* Exercise data *
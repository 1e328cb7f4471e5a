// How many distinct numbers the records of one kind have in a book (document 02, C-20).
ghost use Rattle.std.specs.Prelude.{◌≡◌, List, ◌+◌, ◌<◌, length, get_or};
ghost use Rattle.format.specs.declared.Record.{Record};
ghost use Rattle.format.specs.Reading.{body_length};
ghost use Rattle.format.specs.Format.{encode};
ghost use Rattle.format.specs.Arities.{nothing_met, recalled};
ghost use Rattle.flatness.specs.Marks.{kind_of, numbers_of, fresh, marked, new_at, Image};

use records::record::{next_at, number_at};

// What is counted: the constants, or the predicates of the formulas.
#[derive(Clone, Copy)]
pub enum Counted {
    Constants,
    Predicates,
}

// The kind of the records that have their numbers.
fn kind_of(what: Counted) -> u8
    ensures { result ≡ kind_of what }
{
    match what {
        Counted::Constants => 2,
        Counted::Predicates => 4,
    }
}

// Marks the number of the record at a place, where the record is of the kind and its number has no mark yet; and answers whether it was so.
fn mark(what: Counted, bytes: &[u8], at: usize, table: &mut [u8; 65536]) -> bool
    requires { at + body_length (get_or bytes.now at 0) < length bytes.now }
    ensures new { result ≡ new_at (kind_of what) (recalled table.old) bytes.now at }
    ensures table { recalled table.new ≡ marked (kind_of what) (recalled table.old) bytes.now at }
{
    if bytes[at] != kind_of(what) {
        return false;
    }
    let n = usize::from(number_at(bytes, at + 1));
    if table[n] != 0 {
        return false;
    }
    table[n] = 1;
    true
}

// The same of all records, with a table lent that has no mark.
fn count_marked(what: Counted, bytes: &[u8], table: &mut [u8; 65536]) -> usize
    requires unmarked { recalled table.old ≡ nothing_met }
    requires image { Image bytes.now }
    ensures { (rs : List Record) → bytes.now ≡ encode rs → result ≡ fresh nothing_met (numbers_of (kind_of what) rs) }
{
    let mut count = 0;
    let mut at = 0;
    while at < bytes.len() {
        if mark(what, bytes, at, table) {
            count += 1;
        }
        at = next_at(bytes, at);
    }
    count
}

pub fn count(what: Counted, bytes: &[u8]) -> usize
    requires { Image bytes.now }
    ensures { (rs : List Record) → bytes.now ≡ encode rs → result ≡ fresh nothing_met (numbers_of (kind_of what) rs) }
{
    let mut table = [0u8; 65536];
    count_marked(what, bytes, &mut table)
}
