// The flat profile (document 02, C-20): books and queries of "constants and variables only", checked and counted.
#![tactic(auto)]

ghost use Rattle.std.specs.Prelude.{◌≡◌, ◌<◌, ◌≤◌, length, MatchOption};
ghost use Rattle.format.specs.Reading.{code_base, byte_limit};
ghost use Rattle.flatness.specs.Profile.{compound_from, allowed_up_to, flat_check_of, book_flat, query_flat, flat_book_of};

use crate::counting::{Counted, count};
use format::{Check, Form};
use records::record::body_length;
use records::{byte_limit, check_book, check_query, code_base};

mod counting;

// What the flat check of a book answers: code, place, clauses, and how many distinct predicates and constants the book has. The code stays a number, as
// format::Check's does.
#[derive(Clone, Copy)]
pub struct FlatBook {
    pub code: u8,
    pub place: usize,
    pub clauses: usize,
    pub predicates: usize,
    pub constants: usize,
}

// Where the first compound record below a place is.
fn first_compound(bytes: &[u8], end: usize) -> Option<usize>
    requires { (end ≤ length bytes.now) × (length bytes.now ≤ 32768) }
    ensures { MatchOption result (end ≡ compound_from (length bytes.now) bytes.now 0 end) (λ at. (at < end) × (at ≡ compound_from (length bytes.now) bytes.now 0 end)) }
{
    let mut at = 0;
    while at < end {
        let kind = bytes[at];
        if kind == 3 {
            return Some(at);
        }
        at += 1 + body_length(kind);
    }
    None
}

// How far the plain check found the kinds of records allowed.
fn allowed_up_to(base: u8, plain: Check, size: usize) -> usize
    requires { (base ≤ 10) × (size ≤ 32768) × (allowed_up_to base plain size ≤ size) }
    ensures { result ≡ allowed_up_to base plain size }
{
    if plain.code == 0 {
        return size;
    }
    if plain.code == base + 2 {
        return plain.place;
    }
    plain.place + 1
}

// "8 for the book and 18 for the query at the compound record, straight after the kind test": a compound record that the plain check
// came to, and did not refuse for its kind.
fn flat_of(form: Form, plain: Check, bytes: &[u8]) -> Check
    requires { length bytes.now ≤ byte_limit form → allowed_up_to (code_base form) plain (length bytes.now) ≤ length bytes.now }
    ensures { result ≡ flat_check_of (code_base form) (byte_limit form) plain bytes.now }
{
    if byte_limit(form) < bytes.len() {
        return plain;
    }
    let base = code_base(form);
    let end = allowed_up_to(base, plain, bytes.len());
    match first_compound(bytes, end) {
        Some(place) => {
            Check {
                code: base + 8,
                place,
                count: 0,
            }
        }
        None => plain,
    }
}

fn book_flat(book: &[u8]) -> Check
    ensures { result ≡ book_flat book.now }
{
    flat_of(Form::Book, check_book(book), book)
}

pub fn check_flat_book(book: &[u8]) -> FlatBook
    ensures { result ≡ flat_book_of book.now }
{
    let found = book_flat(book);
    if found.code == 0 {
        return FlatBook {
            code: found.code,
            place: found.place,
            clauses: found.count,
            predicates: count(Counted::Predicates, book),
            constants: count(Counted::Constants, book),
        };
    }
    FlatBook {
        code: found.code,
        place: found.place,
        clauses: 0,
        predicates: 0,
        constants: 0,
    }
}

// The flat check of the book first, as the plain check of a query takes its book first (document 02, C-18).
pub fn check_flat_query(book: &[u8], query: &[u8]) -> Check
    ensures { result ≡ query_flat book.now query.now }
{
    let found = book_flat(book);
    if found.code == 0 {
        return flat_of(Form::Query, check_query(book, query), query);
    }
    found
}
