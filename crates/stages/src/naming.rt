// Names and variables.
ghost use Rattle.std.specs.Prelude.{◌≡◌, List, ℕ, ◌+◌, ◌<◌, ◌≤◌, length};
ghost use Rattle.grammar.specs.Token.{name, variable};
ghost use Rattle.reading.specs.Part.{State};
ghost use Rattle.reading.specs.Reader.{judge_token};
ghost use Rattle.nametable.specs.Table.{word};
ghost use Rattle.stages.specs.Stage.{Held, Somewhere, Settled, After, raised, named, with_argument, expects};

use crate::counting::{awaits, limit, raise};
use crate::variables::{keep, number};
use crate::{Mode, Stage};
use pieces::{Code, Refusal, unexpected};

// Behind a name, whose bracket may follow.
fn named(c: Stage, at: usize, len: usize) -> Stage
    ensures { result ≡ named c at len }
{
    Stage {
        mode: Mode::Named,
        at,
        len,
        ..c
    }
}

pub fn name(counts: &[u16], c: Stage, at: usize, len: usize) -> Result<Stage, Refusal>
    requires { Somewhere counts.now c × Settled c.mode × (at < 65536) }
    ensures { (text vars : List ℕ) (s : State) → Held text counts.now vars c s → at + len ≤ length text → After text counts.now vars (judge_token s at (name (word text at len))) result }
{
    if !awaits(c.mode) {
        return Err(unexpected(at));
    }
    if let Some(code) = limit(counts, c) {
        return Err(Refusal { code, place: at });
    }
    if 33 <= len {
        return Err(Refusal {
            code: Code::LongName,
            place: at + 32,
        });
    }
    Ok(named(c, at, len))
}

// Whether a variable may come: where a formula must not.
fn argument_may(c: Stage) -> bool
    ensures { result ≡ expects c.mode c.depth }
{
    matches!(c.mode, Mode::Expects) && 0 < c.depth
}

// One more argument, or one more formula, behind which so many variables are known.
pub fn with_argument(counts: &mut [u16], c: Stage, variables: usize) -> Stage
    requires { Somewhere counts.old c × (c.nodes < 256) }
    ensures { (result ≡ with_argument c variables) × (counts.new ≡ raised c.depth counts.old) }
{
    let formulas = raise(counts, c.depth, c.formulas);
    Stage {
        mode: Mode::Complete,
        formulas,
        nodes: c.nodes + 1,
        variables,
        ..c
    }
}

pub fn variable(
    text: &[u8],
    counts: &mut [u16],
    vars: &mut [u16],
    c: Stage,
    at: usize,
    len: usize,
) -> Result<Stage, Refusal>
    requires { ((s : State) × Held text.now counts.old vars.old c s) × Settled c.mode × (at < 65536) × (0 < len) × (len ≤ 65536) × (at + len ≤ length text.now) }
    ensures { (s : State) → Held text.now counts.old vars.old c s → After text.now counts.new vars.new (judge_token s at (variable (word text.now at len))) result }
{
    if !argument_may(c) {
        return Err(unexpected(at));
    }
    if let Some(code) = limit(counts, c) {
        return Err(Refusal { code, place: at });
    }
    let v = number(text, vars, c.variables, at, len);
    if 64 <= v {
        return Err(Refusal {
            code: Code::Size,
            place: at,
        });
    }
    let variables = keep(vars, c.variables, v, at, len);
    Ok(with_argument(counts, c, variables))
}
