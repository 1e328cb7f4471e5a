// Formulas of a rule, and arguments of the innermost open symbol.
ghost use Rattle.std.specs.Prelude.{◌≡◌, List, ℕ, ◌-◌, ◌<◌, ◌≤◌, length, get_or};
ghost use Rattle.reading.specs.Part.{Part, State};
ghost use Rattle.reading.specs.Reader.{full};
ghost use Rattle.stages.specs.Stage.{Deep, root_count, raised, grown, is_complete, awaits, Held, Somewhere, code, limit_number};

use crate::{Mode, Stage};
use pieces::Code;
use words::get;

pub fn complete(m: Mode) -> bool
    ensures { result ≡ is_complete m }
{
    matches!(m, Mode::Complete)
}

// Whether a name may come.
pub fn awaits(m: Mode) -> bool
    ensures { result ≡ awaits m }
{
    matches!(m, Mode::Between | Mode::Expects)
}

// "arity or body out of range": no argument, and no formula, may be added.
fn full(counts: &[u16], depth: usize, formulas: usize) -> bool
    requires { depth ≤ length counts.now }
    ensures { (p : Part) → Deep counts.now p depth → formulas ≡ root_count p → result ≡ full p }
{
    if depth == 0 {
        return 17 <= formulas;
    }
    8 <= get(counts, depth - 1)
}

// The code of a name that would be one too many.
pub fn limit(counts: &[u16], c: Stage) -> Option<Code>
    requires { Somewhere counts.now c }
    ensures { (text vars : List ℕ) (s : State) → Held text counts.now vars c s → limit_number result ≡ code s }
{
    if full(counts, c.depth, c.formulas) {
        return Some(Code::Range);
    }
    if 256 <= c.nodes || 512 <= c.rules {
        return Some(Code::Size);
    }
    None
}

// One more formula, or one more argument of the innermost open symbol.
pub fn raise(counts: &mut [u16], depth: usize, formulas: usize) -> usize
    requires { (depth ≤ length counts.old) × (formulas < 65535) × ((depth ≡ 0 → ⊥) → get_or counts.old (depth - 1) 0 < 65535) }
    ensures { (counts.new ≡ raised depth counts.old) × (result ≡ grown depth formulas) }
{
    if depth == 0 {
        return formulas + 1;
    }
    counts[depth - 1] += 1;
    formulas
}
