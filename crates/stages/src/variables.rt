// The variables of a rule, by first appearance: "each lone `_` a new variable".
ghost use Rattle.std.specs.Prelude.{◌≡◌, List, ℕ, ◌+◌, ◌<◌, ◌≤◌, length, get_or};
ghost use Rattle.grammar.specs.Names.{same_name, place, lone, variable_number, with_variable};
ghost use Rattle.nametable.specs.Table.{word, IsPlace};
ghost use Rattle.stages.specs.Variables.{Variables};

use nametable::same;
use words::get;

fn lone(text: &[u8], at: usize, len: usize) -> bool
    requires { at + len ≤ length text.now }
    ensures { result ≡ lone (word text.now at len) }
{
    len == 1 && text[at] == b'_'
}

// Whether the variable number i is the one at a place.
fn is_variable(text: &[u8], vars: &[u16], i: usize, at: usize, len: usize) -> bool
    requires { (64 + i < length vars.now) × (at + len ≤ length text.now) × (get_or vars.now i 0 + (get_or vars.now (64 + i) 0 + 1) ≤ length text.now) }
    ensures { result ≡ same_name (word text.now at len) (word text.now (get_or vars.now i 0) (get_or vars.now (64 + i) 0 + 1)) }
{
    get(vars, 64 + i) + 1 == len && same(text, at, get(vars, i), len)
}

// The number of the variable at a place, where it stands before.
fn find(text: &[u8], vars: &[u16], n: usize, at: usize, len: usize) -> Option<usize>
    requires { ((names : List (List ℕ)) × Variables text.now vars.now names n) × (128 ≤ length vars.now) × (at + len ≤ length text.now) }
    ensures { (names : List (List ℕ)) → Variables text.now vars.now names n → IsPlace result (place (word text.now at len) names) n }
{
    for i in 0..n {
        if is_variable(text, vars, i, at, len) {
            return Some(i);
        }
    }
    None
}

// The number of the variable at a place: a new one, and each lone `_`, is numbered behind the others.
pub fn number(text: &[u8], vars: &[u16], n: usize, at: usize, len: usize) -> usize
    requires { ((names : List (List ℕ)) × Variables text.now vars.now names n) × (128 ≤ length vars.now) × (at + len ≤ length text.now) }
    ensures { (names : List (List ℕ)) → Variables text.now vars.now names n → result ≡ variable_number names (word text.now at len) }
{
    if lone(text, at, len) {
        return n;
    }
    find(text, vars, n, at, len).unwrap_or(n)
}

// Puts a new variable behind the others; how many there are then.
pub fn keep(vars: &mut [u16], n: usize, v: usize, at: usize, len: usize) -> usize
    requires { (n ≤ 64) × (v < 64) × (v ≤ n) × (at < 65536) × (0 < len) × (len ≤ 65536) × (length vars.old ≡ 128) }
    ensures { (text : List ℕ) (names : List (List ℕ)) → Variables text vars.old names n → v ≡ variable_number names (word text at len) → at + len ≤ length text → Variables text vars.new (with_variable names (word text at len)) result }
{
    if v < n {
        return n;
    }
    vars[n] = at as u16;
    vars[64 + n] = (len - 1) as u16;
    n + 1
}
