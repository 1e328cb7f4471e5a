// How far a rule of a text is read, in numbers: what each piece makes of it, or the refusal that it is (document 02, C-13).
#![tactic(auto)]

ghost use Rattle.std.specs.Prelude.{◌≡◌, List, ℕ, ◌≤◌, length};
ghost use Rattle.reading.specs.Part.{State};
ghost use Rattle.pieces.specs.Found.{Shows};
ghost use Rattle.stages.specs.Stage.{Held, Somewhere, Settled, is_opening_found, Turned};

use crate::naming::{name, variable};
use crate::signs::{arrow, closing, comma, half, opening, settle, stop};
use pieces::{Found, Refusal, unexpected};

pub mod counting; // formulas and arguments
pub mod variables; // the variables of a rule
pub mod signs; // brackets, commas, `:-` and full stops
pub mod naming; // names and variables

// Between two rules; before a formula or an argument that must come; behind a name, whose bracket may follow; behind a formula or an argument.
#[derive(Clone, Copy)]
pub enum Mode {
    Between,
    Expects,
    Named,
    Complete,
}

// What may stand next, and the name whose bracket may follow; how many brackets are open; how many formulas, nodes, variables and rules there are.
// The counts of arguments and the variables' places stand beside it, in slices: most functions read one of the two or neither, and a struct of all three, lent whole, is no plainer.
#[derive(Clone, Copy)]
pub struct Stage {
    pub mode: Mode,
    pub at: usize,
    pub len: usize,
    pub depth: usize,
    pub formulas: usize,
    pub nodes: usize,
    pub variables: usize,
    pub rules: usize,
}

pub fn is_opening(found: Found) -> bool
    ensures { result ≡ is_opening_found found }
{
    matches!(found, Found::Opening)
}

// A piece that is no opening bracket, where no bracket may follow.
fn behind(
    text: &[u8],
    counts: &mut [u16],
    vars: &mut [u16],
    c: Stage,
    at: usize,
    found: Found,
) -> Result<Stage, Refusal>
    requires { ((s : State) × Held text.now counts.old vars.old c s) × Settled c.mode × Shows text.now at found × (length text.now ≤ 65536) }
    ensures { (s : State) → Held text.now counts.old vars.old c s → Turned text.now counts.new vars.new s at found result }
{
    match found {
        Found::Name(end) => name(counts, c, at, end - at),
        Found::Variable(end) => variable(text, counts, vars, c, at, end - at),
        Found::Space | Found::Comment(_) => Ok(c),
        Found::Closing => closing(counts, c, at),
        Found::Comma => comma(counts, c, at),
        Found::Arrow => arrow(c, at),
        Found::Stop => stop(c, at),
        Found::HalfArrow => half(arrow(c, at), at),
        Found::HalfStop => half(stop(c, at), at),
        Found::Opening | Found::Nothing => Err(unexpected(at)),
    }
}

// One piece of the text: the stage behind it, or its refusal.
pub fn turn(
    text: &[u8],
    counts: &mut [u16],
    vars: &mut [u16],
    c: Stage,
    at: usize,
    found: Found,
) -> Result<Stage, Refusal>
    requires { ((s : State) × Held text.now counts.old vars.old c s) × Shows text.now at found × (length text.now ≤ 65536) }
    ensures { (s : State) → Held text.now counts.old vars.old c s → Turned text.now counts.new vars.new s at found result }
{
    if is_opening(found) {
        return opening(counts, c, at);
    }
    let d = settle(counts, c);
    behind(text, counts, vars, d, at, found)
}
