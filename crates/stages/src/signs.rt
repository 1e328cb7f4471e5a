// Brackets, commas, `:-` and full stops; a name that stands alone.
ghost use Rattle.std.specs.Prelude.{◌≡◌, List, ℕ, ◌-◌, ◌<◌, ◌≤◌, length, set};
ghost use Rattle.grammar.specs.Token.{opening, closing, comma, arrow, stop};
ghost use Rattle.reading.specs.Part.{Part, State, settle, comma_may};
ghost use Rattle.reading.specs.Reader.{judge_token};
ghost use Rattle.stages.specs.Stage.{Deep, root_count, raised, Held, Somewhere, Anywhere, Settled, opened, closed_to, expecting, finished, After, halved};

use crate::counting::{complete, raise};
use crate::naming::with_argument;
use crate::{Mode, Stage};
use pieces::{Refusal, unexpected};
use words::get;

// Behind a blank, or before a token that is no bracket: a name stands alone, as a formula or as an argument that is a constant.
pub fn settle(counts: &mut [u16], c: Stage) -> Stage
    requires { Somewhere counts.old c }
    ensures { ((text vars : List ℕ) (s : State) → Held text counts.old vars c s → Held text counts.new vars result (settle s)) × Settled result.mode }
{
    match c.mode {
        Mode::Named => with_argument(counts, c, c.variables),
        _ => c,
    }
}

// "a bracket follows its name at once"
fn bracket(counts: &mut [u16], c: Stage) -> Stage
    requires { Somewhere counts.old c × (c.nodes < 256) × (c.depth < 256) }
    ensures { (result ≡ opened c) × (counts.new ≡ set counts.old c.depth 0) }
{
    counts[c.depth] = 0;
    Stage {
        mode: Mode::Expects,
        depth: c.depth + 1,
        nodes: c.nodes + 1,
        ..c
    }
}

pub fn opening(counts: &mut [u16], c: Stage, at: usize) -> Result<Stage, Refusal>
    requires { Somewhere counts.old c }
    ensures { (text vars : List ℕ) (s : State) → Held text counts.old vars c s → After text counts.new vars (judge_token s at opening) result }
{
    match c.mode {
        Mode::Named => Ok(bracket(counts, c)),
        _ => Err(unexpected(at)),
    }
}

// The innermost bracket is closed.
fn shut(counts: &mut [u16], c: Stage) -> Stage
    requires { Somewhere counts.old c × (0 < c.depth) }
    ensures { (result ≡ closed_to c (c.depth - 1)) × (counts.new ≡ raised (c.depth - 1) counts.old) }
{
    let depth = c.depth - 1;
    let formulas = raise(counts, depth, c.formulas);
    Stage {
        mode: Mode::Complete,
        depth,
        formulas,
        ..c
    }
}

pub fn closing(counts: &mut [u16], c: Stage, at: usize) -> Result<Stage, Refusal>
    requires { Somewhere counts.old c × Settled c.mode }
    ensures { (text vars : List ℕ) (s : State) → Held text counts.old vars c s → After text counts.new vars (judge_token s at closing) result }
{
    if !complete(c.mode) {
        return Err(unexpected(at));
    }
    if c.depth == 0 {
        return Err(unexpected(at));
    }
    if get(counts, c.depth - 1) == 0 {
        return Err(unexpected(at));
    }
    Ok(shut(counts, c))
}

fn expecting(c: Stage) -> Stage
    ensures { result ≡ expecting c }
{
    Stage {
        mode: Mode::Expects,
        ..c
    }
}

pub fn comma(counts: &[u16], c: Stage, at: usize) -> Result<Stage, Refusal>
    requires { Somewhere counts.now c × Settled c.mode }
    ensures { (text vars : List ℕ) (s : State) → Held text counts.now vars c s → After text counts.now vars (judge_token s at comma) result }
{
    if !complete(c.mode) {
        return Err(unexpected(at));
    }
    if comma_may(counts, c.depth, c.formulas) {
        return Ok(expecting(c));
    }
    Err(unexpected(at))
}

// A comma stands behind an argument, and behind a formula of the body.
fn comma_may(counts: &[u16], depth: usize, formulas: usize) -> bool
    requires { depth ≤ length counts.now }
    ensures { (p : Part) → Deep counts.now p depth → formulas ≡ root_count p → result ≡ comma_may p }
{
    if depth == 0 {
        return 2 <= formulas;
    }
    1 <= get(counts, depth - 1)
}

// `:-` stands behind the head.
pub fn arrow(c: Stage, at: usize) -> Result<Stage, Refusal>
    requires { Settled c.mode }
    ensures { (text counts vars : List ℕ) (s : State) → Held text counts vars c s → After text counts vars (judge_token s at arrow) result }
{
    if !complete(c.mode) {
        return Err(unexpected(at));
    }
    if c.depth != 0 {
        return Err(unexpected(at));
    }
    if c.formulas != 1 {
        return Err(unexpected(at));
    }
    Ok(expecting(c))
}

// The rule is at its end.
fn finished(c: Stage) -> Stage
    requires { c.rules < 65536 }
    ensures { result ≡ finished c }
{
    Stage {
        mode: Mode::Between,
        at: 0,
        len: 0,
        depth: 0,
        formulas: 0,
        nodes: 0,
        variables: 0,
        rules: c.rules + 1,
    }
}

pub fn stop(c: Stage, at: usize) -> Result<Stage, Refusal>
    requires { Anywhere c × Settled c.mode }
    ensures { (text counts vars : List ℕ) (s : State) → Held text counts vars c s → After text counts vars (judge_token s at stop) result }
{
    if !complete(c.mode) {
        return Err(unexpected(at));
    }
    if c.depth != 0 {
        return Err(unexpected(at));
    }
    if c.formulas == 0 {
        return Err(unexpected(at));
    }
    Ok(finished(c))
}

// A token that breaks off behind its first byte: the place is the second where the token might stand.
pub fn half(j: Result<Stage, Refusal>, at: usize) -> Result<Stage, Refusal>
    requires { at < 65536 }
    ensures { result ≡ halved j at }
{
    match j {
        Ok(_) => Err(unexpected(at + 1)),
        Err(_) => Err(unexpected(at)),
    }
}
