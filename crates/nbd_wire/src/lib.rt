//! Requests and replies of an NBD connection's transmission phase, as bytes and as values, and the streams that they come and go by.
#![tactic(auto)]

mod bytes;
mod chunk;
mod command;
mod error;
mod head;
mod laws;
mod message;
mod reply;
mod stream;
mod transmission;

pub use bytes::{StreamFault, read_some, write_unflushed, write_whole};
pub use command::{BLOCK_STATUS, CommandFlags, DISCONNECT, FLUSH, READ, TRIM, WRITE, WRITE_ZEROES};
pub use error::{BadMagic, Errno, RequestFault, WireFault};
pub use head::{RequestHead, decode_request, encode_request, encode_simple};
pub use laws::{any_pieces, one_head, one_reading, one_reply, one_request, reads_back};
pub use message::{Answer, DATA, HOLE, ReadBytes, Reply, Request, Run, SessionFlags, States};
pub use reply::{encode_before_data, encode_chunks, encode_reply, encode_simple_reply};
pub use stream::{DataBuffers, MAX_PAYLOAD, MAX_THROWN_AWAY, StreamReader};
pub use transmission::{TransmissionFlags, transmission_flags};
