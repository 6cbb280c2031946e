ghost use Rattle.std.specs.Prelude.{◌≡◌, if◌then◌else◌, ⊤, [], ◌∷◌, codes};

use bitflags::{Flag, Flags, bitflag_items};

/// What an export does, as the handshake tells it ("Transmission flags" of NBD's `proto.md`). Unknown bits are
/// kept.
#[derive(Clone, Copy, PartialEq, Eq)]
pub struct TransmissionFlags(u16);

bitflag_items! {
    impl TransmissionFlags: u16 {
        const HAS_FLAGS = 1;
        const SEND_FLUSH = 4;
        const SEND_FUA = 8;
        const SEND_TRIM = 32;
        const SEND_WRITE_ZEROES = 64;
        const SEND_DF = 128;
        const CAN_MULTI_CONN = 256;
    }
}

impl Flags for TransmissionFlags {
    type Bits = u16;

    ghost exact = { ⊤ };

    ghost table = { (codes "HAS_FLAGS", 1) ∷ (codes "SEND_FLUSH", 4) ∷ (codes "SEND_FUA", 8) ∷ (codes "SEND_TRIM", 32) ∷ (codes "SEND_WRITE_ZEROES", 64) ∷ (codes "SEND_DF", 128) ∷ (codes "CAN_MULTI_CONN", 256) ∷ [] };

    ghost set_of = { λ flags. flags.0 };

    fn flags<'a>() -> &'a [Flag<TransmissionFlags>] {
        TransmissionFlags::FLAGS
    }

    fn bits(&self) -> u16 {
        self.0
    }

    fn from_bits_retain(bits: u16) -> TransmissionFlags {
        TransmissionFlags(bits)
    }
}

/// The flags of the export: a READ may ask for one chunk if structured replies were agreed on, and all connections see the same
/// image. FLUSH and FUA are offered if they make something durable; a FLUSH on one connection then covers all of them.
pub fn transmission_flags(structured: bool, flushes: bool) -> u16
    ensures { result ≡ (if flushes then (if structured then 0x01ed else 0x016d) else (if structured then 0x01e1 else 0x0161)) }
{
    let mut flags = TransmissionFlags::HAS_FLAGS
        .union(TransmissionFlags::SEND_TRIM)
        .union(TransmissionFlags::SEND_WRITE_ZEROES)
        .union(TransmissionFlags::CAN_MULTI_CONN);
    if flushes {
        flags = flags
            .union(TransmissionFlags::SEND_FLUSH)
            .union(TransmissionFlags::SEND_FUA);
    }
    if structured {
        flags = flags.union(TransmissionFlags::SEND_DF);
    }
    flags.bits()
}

* Exercise goal *
For each line in the records that holds "Prelude", show that line as it stands.

* Answer space *
ghost use Rattle.std.specs.Prelude.{◌≡◌, List, ◌+◌, ◌<◌, length, get_or};
ghost use Rattle.std.specs.Prelude.{◌≡◌, ◌<◌, ◌≤◌, length, MatchOption};
ghost use Rattle.std.specs.Prelude.{◌≡◌, List, ℕ, ◌+◌, ◌<◌, ◌≤◌, length};
ghost use Rattle.std.specs.Prelude.{◌≡◌, List, ℕ, ◌-◌, ◌<◌, ◌≤◌, length, get_or};
ghost use Rattle.std.specs.Prelude.{◌≡◌, List, ℕ, ◌+◌, ◌<◌, ◌≤◌, length, get_or};
ghost use Rattle.std.specs.Prelude.{◌≡◌, List, ℕ, ◌≤◌, length};
ghost use Rattle.std.specs.Prelude.{◌≡◌, List, ℕ, ◌-◌, ◌<◌, ◌≤◌, length, set};
ghost use Rattle.std.specs.Prelude.{◌≡◌, if◌then◌else◌, ⊤, [], ◌∷◌, codes};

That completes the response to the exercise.